New as of Dec 2014. Currently out of print. Stewards of the People’s Forests: A Short History of the British Columbia Forest Service. Available for purchase in person at the Royal British Columbia Museum Gift Shop, 675 Belleville Street, Victoria BC V8W 9W2 Canada. Tel: 250-356-7226. Also available online. Historians Robert Griffin and Lorne Hammond tell the story of BC’s Forest Branch – renamed the Forest Service in 1947 – over a century of stewardship of the province’s largest industry. The authors relate not just the big stories involving the major personalities, such as H.R. MacMillan, Ernest Manning, C.D. Orchard and Ray Williston, but also the front-line foresters, rangers and firefighters who dedicated their lives – and sometimes risked them – to protect BC’s forests. This book is about a group of people who made an important contribution to the growth of British Columbia as an economic force in North America
The first person in BC to actually function as an “industrial” forester in the modern sense was Tom Wright, who was employed by Bloedel, Stewart & Welch, Ltd. as a consulting forester in the early 1940s. Tom also went on to be the Dean of the Faculty of Forestry at UBC, Chief Forester of Canadian Forest Products and owner of Managed Forest Unit No. 1 – the first private woodlot on the south coast. The book used to be available as a “print on demand” title from Trafford Publishing. Unfortunately, that agreement has come to an end, but thanks to John Parminter, it is now available as a free pdf here. (12 Mb file, 63 pages, published in 2000). For those preferring hard copy, it still might be possible to find print copies in your favourite used book store. Some print versions were reported for sale online at Abe Books when that site was accessed Nov 12, 2021.
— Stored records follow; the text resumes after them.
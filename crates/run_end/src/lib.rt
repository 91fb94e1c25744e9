// How a call ended, as numbers that go through no memory in pieces.
#![tactic(auto)]

ghost use Rattle.std.specs.Prelude.{◌≡◌, None, Ok, Err};
ghost use Rattle.wlan.specs.declared.DriverError.{DriverError};
ghost use Rattle.wlan.specs.declared.Refusal.{Refusal};
ghost use Rattle.wlan.specs.declared.Success.{Success};
ghost use Rattle.connect_failure.specs.Parts.{failure_parts};
ghost use Rattle.run_end.specs.declared.EndKind.{EndKind};
ghost use Rattle.run_end.specs.RunEnd as to;

use connect_failure::{FailureParts, failure_parts};
use wlan::{DriverError, Success, WifiConnectFailure, WlanPollResult};

// How a call ended, but for the numbers that go with it.
#[derive(Clone, Copy)]
pub enum EndKind {
    Done,
    Polled,
    Taken,
    Mac,
    Word,
    InvalidArg,
    Timeout,
    Io,
    Busy,
    WouldBlock,
    NoMem,
    Fault,
    EventHeader,
    PastBuffer,
    Unrecorded,
    WrongAnswer,
    LogFull,
    BufferLength,
}

// back: all is to be as before the call; failure: the failed join that a poll reports.
#[derive(Clone, Copy)]
pub struct RunEnd {
    pub back: bool,
    pub kind: EndKind,
    pub value: u64,
    pub failure: FailureParts,
    pub len: usize,
}

// A poll's value, and the failed join that it reports.
#[derive(Clone, Copy)]
pub struct PollReport {
    pub value: u64,
    pub failure: FailureParts,
}

pub fn no_failure() -> FailureParts
    ensures { result ≡ failure_parts None }
{
    FailureParts {
        tag: 0,
        status: 0,
        reason: 0,
    }
}

fn value_end(kind: EndKind, v: u64, len: usize) -> RunEnd
    ensures { result ≡ to.numbers kind v (failure_parts None) len }
{
    RunEnd {
        back: false,
        kind: kind,
        value: v,
        failure: no_failure(),
        len: len,
    }
}

// 7, with the fault's place.
pub fn fault_end(place: u64, len: usize) -> RunEnd
    ensures { result ≡ to.end_by (Err (Refusal.Driver (DriverError.Fault place))) len }
{
    value_end(EndKind::Fault, place, len)
}

pub fn error_end(e: DriverError, len: usize) -> RunEnd
    ensures { (result ≡ to.end_by (Err (Refusal.Driver e)) len) × to.Fits (Err (Refusal.Driver e)) }
{
    match e {
        DriverError::InvalidArg => value_end(EndKind::InvalidArg, 0, len),
        DriverError::Timeout => value_end(EndKind::Timeout, 0, len),
        DriverError::Io => value_end(EndKind::Io, 0, len),
        DriverError::Busy => value_end(EndKind::Busy, 0, len),
        DriverError::WouldBlock => value_end(EndKind::WouldBlock, 0, len),
        DriverError::NoMem => value_end(EndKind::NoMem, 0, len),
        DriverError::Fault(p) => value_end(EndKind::Fault, p as u64, len),
        DriverError::EventHeader => value_end(EndKind::EventHeader, 0, len),
        DriverError::PastBuffer => value_end(EndKind::PastBuffer, 0, len),
    }
}

pub fn done_end(len: usize) -> RunEnd
    ensures { result ≡ to.end_by (Ok Success.Done) len }
{
    value_end(EndKind::Done, 0, len)
}

pub fn polled_end(p: PollReport, len: usize) -> RunEnd
    ensures { result ≡ to.numbers EndKind.Polled p.value p.failure len }
{
    let failure = p.failure;
    RunEnd {
        back: false,
        kind: EndKind::Polled,
        value: p.value,
        failure: failure,
        len: len,
    }
}

// A poll that reports no failed join.
pub fn unfailed(v: u64) -> PollReport
    ensures { result ≡ to.unfailed v }
{
    PollReport {
        value: v,
        failure: no_failure(),
    }
}

// A poll that reports f.
pub fn failed_join(f: Option<WifiConnectFailure>) -> PollReport
    ensures { result ≡ to.failed_join f }
{
    PollReport {
        value: 2,
        failure: failure_parts(f),
    }
}

fn report_of(p: WlanPollResult) -> PollReport
    ensures { result ≡ to.report_of p }
{
    match p {
        WlanPollResult::None => unfailed(0),
        WlanPollResult::Rx => unfailed(1),
        WlanPollResult::ConnectFailed(f) => failed_join(Some(f)),
    }
}

pub fn success_end(x: Success, len: usize) -> RunEnd
    ensures { (result ≡ to.end_by (Ok x) len) × to.Fits (Ok x) }
{
    match x {
        Success::Done => done_end(len),
        Success::Polled(p) => polled_end(report_of(p), len),
        Success::Taken(n) => value_end(EndKind::Taken, n as u64, len),
        Success::Mac(n) => value_end(EndKind::Mac, n, len),
        Success::Word(n) => value_end(EndKind::Word, n as u64, len),
    }
}

// The refusal's number, 0 for success.
pub fn refusal_number(k: EndKind) -> u32
    ensures { result ≡ to.number_by k }
{
    match k {
        EndKind::Done => 0,
        EndKind::Polled => 0,
        EndKind::Taken => 0,
        EndKind::Mac => 0,
        EndKind::Word => 0,
        EndKind::InvalidArg => 1,
        EndKind::Timeout => 2,
        EndKind::Io => 3,
        EndKind::Busy => 4,
        EndKind::WouldBlock => 5,
        EndKind::NoMem => 6,
        EndKind::Fault => 7,
        EndKind::EventHeader => 10,
        EndKind::PastBuffer => 11,
        EndKind::Unrecorded => 8,
        EndKind::WrongAnswer => 9,
        EndKind::LogFull => 12,
        EndKind::BufferLength => 13,
    }
}
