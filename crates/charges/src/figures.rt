// Running figures over rows: their default is the start; one row more, and what they come to.
ghost use Rattle.std.specs.Prelude.{◌≡◌, ℕ, ◌*◌, ◌≤◌, List, length};
ghost use Rattle.charges.specs.Running.{Reached, Running, run};
ghost use Rattle.sheet.specs.Sheets.{Passes};
ghost use Rattle.sheet.specs.declared.row.Row.{Row};
ghost use Rattle.std.specs.List.{AllByRecursion};

use sheet::row::Row;

pub trait Figures: Default {
    ghost running: { Running Self };

    // what a row adds at most
    ghost most: { ℕ };

    fn add(&mut self, row: Row)
        requires reached { Reached running 2047 self.old }
        requires passes { Passes row }
        ensures { self.new ≡ running.add self.old row };

    fn total(&self) -> u64
        requires { Reached running 2048 self.now }
        ensures { result ≡ running.total self.now };

    ghost starts: { (s : Self) → Self.is_default s → s ≡ running.start };

    ghost low: { most ≤ 100000000 };

    ghost bounded: { (rs : List Row) → AllByRecursion Passes rs → run running rs ≤ most * length rs };
}
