// What a rule bills a coordinator: the quantity over its resources, and the line at a rate.
ghost use Rattle.std.specs.Prelude.{◌≡◌, ℕ, ◌<◌, ◌≤◌, false, length, nat_lt, slice_index_or};
ghost use Rattle.charges.specs.Rules.{line, meaning, quantity_of};
ghost use Rattle.sheet.specs.Rows.{own_rows, pair_rows};
ghost use Rattle.sheet.specs.Sheets.{sheet_rows};

use crate::rule::ChargeRule;
use sheet::pair::Pair;
use sheet::sheet::Sheet;

// The resources under which the coordinator has a row: an array, since nothing here is on the heap. Its rows stand
// together, since keys ascend.
fn resources_of(sheet: Sheet<'_>, coordinator: usize) -> [bool; 256]
    ensures long { length result ≡ 256 }
    ensures marks { (resource : ℕ) → resource < 256 → slice_index_or result resource false ≡ nat_lt 0 (length (pair_rows coordinator resource (sheet_rows sheet.entry))) }
{
    let mut present = [false; 256];
    let first = sheet.first_row(Pair {
        coordinator,
        resource: 0,
    });
    for row in sheet.rows_from(first) {
        if usize::from(row.key.coordinator) != coordinator {
            break;
        }
        present[usize::from(row.key.resource)] = true;
    }
    present
}

// Whether the coordinator may have a row: where the answer is no, it has none.
fn may_have_rows(sheet: Sheet<'_>, coordinator: usize) -> bool
    ensures { result ≡ false → (resource : ℕ) → nat_lt 0 (length (pair_rows coordinator resource (sheet_rows sheet.entry))) ≡ false }
{
    let first = sheet.first_row(Pair {
        coordinator,
        resource: u8::MIN,
    });
    let Some(row) = sheet.rows_from(first).next() else {
        return false;
    };
    usize::from(row.key.coordinator) == coordinator
}

// A pair without rows has quantity zero under every rule, so only the others cost a walk. A function of its own, since a
// proof loses what is known of the pair where two branches meet in a loop.
fn quantity_if<R: ChargeRule>(present: bool, rule: &R, sheet: Sheet<'_>, pair: Pair) -> u64
    requires { present ≡ nat_lt 0 (length (pair_rows pair.coordinator pair.resource (sheet_rows sheet))) }
    ensures { result ≡ R.quantity rule.now pair.coordinator pair.resource (pair_rows pair.coordinator pair.resource (sheet_rows sheet.entry)) }
{
    if present {
        rule.tell_quantity(sheet, pair)
    } else {
        0
    }
}

// The sum over the resources. Most coordinators have no row on a short sheet, and they cost no pass over all resources.
pub fn coordinator_quantity<R: ChargeRule>(rule: &R, sheet: Sheet<'_>, coordinator: usize) -> u64
    ensures value { result ≡ quantity_of (meaning (R.code rule.now) (R.quantity rule.now)) coordinator (own_rows coordinator (sheet_rows sheet.entry)) }
    ensures low { result ≤ 819200000000 }
{
    if !may_have_rows(sheet, coordinator) {
        return 0;
    }
    let present = resources_of(sheet, coordinator);
    let mut sum = 0;
    for resource in 0..=u8::MAX {
        let pair = Pair {
            coordinator,
            resource,
        };
        sum += quantity_if(present[usize::from(resource)], rule, sheet, pair);
    }
    sum
}

// In cents, to the nearest cent, a half up. Quantity and line are plain numbers: they are added up and answered as such.
pub fn line_at(quantity: u64, rate: u32) -> u64
    requires few { quantity ≤ 819200000000 }
    requires cheap { rate ≤ 10000000 }
    ensures value { result ≡ line quantity rate }
    ensures low { result ≤ 819200000000 }
{
    (quantity * u64::from(rate) + 5_000_000) / 10_000_000
}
In 2008 the FHABC published a biography of F.D. Mulholland, authored by members Gerry Burch and John Parminter – “Frederick Davison Mulholland P. Eng., B.C.R.F.: The Father of Sustained Yield Forestry in British Columbia.” Mulholland worked for the BC Forest Service for nearly two decades, designing many of the forest survey field procedures used during the 1920s and 1930s, and he compiled the first provincial inventory of BC’s forest resources in 1937. This book costs $20, and you can order your own copy by sending us a note via our Contact Page.
The FHABC published a biography of Alan Orr-Ewing, authored by members Gerry Burch and Mike Meagher in 2012. Orr-Ewing’s first job with the B.C. Forest Service was as a summer research assistant in 1935. By 1950 he was specializing in forest genetics and the improvement of Douglas-fir. As a result of his success, the program expanded to include all major commercial tree species in the province. He was recognized internationally and received the Association of B.C. Forest Professional’s first Distinguished Forester Award in 1970. To obtain a copy of Alan Orr-Ewing’s 134-page biography, please haunt your favourite used book store. Unfortunately, we are sold out ourselves.